▶ [Directions for this task]: Every line of the entries below that includes "total" belongs in the answer, copied as written.

Saved entries
=======
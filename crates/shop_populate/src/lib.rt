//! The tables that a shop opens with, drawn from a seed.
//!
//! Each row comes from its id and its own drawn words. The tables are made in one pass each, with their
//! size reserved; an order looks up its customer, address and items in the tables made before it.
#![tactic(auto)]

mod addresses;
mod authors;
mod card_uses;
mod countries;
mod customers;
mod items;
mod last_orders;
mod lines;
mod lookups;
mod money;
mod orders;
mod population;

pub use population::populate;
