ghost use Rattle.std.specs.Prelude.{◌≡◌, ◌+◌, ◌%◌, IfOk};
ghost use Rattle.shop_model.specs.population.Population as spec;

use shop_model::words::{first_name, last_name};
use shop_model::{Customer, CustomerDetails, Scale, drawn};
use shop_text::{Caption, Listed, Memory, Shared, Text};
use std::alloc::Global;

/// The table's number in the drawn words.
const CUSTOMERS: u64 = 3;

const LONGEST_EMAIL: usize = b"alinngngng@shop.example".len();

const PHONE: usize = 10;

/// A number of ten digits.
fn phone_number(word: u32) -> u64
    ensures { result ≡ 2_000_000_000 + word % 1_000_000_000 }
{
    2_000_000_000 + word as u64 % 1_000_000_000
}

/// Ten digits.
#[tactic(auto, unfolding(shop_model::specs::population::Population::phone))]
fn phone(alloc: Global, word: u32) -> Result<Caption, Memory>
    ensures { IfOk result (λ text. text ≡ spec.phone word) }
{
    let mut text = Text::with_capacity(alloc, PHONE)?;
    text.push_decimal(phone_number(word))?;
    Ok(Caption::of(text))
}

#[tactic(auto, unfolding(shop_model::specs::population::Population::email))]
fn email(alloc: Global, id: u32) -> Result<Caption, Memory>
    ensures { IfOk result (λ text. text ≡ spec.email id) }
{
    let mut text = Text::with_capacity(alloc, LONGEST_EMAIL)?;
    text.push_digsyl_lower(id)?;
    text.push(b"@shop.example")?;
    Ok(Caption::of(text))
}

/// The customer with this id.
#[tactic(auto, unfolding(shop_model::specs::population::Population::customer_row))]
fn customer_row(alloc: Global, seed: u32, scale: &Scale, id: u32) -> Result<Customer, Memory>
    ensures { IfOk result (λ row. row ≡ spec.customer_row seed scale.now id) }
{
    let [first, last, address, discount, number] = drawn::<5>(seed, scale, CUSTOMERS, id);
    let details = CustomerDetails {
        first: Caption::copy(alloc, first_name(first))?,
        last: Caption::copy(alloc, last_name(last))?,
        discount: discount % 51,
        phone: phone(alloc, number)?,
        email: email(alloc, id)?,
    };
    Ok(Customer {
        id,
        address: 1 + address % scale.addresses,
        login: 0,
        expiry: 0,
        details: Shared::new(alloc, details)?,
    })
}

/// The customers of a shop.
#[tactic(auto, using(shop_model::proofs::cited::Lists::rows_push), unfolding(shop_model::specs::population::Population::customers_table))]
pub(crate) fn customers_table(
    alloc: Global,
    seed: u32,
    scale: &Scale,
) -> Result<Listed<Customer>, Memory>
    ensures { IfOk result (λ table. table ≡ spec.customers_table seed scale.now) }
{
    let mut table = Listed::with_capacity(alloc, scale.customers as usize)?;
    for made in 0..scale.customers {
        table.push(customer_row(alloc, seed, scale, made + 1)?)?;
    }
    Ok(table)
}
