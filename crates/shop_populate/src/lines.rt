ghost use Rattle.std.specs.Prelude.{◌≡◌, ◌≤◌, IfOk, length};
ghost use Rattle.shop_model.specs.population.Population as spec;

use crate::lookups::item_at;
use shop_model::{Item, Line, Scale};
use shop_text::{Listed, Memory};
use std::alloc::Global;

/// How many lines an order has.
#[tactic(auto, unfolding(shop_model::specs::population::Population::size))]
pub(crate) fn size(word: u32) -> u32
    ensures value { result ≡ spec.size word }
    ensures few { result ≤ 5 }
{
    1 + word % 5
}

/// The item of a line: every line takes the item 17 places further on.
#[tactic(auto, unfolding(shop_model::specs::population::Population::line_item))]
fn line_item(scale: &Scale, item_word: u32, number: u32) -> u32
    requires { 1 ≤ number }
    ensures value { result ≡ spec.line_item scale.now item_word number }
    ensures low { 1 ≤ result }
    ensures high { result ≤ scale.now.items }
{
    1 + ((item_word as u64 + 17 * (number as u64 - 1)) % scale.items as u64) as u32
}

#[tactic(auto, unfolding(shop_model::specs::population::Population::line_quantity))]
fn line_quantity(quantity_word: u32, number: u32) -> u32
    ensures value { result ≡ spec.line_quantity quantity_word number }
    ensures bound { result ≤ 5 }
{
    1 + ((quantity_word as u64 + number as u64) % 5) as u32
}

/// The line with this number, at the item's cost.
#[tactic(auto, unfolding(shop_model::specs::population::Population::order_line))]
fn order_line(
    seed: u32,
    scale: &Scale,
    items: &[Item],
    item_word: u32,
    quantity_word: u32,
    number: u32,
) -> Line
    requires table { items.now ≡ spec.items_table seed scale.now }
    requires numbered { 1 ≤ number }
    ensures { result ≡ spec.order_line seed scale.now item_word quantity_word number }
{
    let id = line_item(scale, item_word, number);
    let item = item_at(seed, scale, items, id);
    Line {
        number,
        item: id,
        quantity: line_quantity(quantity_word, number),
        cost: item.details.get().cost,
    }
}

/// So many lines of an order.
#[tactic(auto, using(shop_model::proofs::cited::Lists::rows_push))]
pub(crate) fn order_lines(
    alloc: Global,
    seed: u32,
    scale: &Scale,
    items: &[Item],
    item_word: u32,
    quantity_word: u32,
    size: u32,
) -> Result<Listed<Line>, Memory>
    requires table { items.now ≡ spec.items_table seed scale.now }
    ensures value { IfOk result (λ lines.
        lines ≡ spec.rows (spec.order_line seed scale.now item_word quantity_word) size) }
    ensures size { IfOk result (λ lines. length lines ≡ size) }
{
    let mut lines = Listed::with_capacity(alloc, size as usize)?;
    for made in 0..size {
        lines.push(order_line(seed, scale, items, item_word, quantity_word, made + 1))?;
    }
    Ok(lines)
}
=======
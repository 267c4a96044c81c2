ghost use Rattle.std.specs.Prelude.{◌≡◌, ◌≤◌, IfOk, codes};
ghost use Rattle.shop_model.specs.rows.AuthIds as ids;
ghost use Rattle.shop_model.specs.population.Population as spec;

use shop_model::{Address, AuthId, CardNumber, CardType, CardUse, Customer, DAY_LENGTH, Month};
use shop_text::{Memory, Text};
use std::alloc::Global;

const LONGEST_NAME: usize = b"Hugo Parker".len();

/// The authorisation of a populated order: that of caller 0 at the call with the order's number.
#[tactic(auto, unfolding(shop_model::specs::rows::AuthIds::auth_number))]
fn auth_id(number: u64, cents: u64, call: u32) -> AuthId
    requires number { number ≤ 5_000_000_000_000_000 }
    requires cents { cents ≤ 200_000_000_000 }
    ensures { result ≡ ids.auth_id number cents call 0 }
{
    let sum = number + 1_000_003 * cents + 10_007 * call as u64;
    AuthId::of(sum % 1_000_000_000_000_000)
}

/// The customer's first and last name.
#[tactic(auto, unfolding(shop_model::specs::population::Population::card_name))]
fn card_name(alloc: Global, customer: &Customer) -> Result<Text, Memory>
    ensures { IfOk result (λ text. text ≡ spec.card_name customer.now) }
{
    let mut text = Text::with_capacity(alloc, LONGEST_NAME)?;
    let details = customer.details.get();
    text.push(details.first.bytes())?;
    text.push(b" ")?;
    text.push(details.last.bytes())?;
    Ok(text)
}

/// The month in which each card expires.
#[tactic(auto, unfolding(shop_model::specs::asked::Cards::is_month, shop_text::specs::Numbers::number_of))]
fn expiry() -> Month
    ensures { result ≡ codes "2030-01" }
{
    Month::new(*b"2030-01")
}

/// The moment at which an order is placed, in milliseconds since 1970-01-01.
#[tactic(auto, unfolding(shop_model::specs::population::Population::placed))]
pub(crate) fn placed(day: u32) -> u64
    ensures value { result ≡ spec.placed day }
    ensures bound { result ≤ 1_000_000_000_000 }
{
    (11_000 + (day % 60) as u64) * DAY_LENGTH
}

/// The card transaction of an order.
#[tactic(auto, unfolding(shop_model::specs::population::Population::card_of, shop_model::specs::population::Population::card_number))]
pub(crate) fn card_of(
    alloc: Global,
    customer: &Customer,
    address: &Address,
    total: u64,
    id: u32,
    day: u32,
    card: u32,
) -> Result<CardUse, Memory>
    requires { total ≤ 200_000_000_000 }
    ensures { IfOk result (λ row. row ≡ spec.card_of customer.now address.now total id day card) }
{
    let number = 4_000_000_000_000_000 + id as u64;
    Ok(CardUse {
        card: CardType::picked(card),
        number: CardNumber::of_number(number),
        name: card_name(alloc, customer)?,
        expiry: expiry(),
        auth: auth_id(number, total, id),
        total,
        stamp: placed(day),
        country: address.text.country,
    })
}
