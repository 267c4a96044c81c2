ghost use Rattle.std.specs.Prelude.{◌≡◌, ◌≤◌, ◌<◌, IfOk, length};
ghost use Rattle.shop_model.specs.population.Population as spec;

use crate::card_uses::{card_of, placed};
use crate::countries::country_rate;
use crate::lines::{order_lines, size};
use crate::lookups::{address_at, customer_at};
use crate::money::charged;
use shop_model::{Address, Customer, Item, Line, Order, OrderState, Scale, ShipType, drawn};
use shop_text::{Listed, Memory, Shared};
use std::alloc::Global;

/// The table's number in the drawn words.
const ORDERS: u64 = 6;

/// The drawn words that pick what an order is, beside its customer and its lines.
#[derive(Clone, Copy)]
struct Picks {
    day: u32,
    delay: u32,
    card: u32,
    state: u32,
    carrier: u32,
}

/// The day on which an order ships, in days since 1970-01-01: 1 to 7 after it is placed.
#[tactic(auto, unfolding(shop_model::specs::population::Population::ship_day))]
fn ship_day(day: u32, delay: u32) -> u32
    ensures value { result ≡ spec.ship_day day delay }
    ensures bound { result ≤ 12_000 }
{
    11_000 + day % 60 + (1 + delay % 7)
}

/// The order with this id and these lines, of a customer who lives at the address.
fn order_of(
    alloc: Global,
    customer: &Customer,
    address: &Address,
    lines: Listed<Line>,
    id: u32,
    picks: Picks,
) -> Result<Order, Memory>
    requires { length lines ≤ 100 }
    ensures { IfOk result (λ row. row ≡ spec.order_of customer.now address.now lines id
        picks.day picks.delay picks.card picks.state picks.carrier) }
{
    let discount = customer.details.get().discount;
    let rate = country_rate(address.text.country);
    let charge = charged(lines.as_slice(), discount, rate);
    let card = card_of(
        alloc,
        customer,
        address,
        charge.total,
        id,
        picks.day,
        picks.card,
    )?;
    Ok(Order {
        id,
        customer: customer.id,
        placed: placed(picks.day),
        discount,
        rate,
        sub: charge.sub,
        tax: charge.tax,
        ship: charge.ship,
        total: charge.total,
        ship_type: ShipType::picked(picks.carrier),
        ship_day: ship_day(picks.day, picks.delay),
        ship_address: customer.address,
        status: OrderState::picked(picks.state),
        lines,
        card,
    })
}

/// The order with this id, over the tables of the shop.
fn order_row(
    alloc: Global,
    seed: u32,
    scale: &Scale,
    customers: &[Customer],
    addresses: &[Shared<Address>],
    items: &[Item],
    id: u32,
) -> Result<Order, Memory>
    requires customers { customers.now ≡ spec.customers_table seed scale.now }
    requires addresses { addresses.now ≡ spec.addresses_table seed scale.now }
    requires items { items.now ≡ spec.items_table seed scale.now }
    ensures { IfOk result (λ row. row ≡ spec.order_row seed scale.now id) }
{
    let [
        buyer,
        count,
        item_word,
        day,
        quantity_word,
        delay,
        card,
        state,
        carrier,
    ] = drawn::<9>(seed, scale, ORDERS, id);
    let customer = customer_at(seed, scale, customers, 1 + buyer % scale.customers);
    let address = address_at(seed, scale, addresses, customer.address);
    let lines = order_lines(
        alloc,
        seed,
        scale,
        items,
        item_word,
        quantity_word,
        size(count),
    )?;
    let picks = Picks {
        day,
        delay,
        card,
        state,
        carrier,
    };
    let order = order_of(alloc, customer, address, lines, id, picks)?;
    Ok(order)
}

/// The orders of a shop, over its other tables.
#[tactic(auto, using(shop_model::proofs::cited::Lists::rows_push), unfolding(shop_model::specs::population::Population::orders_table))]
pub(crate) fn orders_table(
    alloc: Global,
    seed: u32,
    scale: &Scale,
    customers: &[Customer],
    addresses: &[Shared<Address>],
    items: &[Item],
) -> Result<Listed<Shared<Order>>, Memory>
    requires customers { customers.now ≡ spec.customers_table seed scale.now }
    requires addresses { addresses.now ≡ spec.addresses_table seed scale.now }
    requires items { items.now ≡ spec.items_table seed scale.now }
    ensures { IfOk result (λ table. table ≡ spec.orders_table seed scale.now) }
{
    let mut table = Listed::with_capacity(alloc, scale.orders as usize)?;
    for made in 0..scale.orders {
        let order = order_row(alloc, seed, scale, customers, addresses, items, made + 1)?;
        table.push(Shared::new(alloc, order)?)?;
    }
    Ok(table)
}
=======
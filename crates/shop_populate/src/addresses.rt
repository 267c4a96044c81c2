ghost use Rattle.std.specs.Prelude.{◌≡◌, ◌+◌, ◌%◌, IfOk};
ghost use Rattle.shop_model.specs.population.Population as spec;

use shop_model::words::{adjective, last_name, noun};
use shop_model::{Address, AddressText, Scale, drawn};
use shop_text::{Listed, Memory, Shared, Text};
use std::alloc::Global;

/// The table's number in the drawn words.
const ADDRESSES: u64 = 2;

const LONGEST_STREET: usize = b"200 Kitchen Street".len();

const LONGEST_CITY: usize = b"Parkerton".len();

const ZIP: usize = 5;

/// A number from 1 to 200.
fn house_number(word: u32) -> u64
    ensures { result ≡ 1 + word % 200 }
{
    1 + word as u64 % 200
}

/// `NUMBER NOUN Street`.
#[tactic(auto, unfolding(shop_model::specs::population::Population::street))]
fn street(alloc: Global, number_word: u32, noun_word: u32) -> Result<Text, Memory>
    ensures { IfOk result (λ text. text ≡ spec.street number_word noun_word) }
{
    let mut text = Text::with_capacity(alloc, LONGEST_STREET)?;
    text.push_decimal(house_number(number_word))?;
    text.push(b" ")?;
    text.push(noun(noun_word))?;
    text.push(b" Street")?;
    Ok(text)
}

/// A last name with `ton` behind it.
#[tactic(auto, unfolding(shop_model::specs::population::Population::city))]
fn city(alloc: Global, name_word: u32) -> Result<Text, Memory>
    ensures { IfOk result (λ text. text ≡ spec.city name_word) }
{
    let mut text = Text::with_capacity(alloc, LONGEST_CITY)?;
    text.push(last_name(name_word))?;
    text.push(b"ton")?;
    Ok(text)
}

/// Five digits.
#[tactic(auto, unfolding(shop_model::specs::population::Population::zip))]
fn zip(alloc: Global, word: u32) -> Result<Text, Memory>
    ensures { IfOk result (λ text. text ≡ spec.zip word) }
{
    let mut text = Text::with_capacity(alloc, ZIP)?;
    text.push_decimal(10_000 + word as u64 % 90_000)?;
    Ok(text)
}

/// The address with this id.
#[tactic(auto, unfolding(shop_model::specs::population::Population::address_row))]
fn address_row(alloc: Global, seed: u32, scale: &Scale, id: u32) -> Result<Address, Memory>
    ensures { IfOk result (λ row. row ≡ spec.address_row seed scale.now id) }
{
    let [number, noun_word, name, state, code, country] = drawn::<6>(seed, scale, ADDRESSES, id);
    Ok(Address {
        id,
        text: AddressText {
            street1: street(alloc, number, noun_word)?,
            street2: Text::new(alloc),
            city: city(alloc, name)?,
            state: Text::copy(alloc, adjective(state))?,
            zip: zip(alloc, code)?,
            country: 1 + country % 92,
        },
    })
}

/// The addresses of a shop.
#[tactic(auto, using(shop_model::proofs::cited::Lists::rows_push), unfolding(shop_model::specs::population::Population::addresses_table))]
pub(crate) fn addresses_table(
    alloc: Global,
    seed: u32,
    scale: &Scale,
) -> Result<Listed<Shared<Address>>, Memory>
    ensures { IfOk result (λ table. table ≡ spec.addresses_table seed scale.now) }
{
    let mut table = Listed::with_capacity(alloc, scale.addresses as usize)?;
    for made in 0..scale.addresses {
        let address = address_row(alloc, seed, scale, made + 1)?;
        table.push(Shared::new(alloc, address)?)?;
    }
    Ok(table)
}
=======
▶ [Written answer]:
    total: u64,
    requires { total ≤ 200_000_000_000 }
    ensures { IfOk result (λ row. row ≡ spec.card_of customer.now address.now total id day card) }
        auth: auth_id(number, total, id),
        total,
        charge.total,
        total: charge.total,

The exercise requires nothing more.